These are trying times — times that put the discourse of “resilience” on trial. Our first priority, of course, must be the health of our community. We should work to forge and reinforce networks of mutual aid. We should seek out those especially isolated by social distancing or quarantine. Continuing to teach — with whatever adjustments to workload are necessary — will surely provide students with an important experience of connection despite disruption, so faculty have an important role to play. But we will want to emphasize intellectual and social engagement, and not try to perform the impossible task of providing “the same” education by remote means.
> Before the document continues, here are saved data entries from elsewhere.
/// Gives `spare` the memory of `unit`, if there are both.
fn give_back(spare: &mut Option<Box<Condition>>, unit: Option<Unit>) {
    if let (Some(spare), Some(unit)) = (spare, unit) {
        spare.give_unit(unit);
    }
}

/// One call at each exit of a function that owns conditionals, in place of a call for each part of each part.
impl Drop for Conditionals {
    fn drop(self) {
        let _parts = self.into_parts();
    }
}
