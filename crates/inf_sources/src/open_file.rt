//! A file that waits for one that it includes.

use inf_lexer::Lexer;
use inf_scanner::Place;

/// A conditional that is open.
#[derive(Clone, Copy)]
pub struct Conditional {
    /// The place where its directive begins.
    pub place: Place,
    /// Tells whether its second side has begun.
    pub is_second: bool,
}

/// A file that waits for one that it includes, with all that is needed to go on in it.
#[derive(Drop)]
pub struct OpenFile {
    pub lexer: Lexer,
    /// The conditionals that were opened between its directives, the latest last.
    pub conditionals: Vec<Conditional>,
    /// Tells whether its routines may be replaced.
    pub is_system: bool,
}
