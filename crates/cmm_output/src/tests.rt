use crate::Output;
use cmm_io::{Sink, WriteFault, write_all};
use std::io::{self, Write};
use std::test::Fail;

/// Takes all that it is handed, up to a number of bytes, and counts the calls.
#[derive(Drop)]
struct Device {
    taken: usize,
    room: usize,
    calls: usize,
}

impl Write for Device {
    fn write(&mut self, buf: &[u8]) -> io::Result<usize> {
        let n = buf.len().min(self.room.saturating_sub(self.taken));
        self.taken = self.taken.saturating_add(n);
        self.calls = self.calls.saturating_add(1);
        Ok(n)
    }

    fn flush(&mut self) -> io::Result<()> {
        Ok(())
    }
}

fn with_room(room: usize) -> Device {
    Device {
        taken: 0,
        room,
        calls: 0,
    }
}

#[test]
fn a_hundred_thousand_lines_are_few_calls(rt: HostRuntime) -> Result<(), Fail> {
    let mut output = Output::open(rt.alloc(), with_room(usize::MAX))?;
    for _ in 0..100_000u32 {
        let written = write_all(&mut output, b"0 1 ok 68656c6c6f\n");
        assert_eq!(rt; written, Ok(()));
    }
    assert_eq!(rt; output.flush(), Ok(()));
    assert_eq!(rt; output.held_back(), 0);
    assert_eq!(rt; output.writer().taken, 1_800_000);
    assert!(rt; output.writer().calls <= 28);
    Ok(())
}

#[test]
fn a_last_flush_that_fails_is_a_failed_write(rt: HostRuntime) -> Result<(), Fail> {
    let mut output = Output::open(rt.alloc(), with_room(3))?;
    assert_eq!(rt; write_all(&mut output, b"line\n"), Ok(()));
    assert_eq!(rt; output.faults(), 0);
    assert_eq!(rt; output.flush(), Err(WriteFault));
    assert_eq!(rt; output.faults(), 1);
    assert_eq!(rt; output.held_back(), 2);
    assert_eq!(rt; output.writer().taken, 3);
    Ok(())
}

#[test]
fn a_full_device_fails_a_write(rt: HostRuntime) -> Result<(), Fail> {
    let mut output = Output::open(rt.alloc(), with_room(65_536))?;
    let page = [0u8; 4096];
    for _ in 0..32u32 {
        assert_eq!(rt; write_all(&mut output, &page), Ok(()));
    }
    assert_eq!(rt; write_all(&mut output, &page), Err(WriteFault));
    assert_eq!(rt; output.faults(), 1);
    assert_eq!(rt; output.writer().taken, 65_536);
    Ok(())
}
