//! Output that is gathered: a sink that keeps what is written to it, and hands it to a writer many lines at a time.
#![tactic(auto)]

mod output;
#[cfg(test)]
mod tests;

pub use output::{Output, ROOM};
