ghost use Rattle.std.specs.Prelude.{◌≡◌, [], length, IfOk, IfErr, OnOk, OnErr};
ghost use Rattle.std.specs.Io.KnownBytes.{Keeps};
ghost use Rattle.cmm_io.specs.Faults.{raised};
ghost use Rattle.cmm_output.specs.Output.{target, held_back, gathered, output_faults};

use cmm_io::{Failed, Sink, WriteFault};
use std::alloc::{AllocError, Global};
use std::io::{BufWriter, Write};

/// How many bytes are gathered before they are handed on: 64 KiB.
pub const ROOM: usize = 65_536;

/// Gathers what is written to it, and hands it to a writer 64 KiB at a time. What a call of the writer doesn't take
/// stays held back, so that nothing is lost: what the writer has is always a front of what was written.
#[derive(Drop)]
pub struct Output<W: Write + Drop> {
    writer: BufWriter<W>,
    faults: u64,
}

impl<W: Write + Drop> Output<W> {
    /// Nothing is held back yet.
    pub fn open(alloc: Global, writer: W) -> Result<Output<W>, AllocError>
        ensures target { IfOk result (λ output. target output ≡ writer) }
        ensures held_back { IfOk result (λ output. held_back output ≡ []) }
        ensures faults { IfOk result (λ output. output_faults output ≡ 0) }
    {
        match BufWriter::with_capacity(alloc, ROOM, writer) {
            Ok(writer) => Ok(Output { writer, faults: 0 }),
            Err(_) => Err(AllocError),
        }
    }

    /// The writer that is handed what was gathered.
    pub fn writer(&self) -> &W
        ensures { result.now ≡ target self.now }
    {
        self.writer.get_ref()
    }

    /// How many bytes are held back.
    pub fn held_back(&self) -> usize
        ensures { result ≡ length (held_back self.now) }
    {
        self.writer.buffer().len()
    }

    /// Hands on all that is held back. What was written stays the same: after `Ok` the writer has all of it, and after a
    /// failure a front.
    pub fn flush(&mut self) -> Result<(), WriteFault>
        ensures whole { OnOk result (held_back self.new ≡ []) }
        ensures kept { Keeps (gathered W.contents self.old) (gathered W.contents self.new) }
        ensures no_fault { OnOk result (output_faults self.new ≡ output_faults self.old) }
        ensures fault { OnErr result (output_faults self.new ≡ raised (output_faults self.old)) }
    {
        match self.writer.flush() {
            Ok(()) => Ok(()),
            Err(_) => {
                self.faults = self.faults.saturating_add(1);
                Err(WriteFault)
            }
        }
    }
}

impl<W: Write + Drop> Sink for Output<W> {
    ghost use Rattle.cmm_output.specs.Output.{gathered, output_faults};

    ghost faults = { output_faults };

    ghost written = { gathered W.contents };

    fn faults(&self) -> u64 {
        self.faults
    }

    fn write(&mut self, piece: &[u8]) -> Result<usize, Failed> {
        let answer = self.writer.write(piece);
        match answer {
            Ok(n) if n > 0 || piece.is_empty() => Ok(n),
            _ => {
                self.faults = self.faults.saturating_add(1);
                Err(Failed)
            }
        }
    }
}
Of course we all hope that contagion and social isolation will soon be behind us. But the future we imagine ought not to be a return to the status quo ante. We need to remember the unsettled condition many experienced before COVID-19-from the economic precarity of graduate student workers across the UC, to the Arts & Humanities departments likely to suffer most over Berkeley’s “Finance Reform” proposal, to the 82 graduate students at UC Santa Cruz who were terminated by UCOP, losing jobs, and in some cases student status, although they have recovered their health insurance – an important victory.

We should support each other. We should support COLA4ALL, our striking graduate students, and our contractless lecturers as well. And we should carry forward the fundamental project of a public university, in the service of its democratic and engaged citizenry. If not now, when?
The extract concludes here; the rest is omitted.